A Story of the Sankeys in Ireland

Lloyd Northcott

Mehetabel Maud Roe is famous in the Charlie Sankey family for planting her children from coast to coast in North America. Hettie was driven from Ireland by people some would call terrorists although the term was not known at the time. Whoever shot her husband dead in the family driveway also warned Hettie to get out or face losing her children one by one.

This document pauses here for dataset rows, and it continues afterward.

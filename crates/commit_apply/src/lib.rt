// Applies an accepted log: the lists of all changed rays are replaced in the store.
#![tactic(auto)]

ghost use Rattle.commit_apply.specs.Apply.{ApplyPre, ApplyPost};
ghost use Rattle.store.specs.Store.{cells};

use grid::{DexelGrid, DexelStockSpec};

// Applies a log to the lists of a sound store: the entries are grouped and merged in the work buffer, then the lists
// of all changed rays are freed and laid again. Says how many rays changed.
pub fn apply_log(
    spec: DexelStockSpec,
    g: DexelGrid,
    spans: &mut [f64],
    links: &mut [u64],
    heads: &mut [u64],
    log: &[f64],
    work: &mut [f64],
) -> u64
    requires { ApplyPre spec g (cells spans.old links.old heads.old) log.now work.old }
    ensures { ApplyPost spec g (cells spans.old links.old heads.old)
        log.now work.old result
        (cells spans.new links.new heads.new) work.new }
{
    log_group::group(g, log, work);
    let changed = log_merge::merge_all(spec, g, spans, links, heads, log, work);
    let n = spec.max_intervals as usize;
    let rays = grid_rays::total_rays(g) as usize;
    let sizes = rays + log_entries::entry_count(log);
    log_lay::free_all(spans, links, heads, n, work, sizes, rays);
    log_lay::lay_all(spans, links, heads, n, work, sizes, sizes + 2 * rays, rays);
    spans::clear_from(work, 0);
    changed
}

I imagine she stayed about long enough to bury her husband and then headed for the relative safety of Dublin accompanied by a bodyguard. Her nine children ranged in age from 6 to 23 years old. The Charles of Cutty Sark fame was just 13 years old when his father was shot dead.

Matthew Henry Sankey is remembered by the bell inscribed with his name which rings out the times of worship at Colebrooke Parish Church, County Fermanaugh, Northern Ireland. It was a spunky reminder to his assassins that the families of Colebrooke and Ashbrooke Estates were still in charge of the land. Matthew was their man and they stood by him. You can go look at the bell if you wish and the prominent plaque at the entry to the church. Matthew was from 1853 to 1876 the estate manager for Sir Victor and Lady Alice Brooke of Brookeborough, English nobility, Anglican and mostly absentee landlords. When Matthew was shot they were living permanently in Pau, southern France. So Matthew lived in Lurganbrae, a great house on the estate, and there they raised the children born to him and Hettie.

Patrick Maguire is a creation of my imagination who is the man who shot Matthew dead on the 10th day of February 1876. Patrick was a nationalist who wanted to chase the English out of Ireland. His great hero was Wolfe Tyrone who at the time of the French Revolution led a similar revolution in Ireland. Tyrone was captured and executed by the British authorities but for Irish nationalists he was a martyr for the cause of freedom and equality. As a teenager Patrick was inspired by the Fenian Uprising of 1867 which attempted to gain freedom for Ireland. Patrick knew some of the leaders and fighters in that ill fated rebellion. So when the charismatic nationalist Charles Stuart Parnell was travelling the land to stir up support for Home Rule it seemed to the hot heads like a time to do some creative violence.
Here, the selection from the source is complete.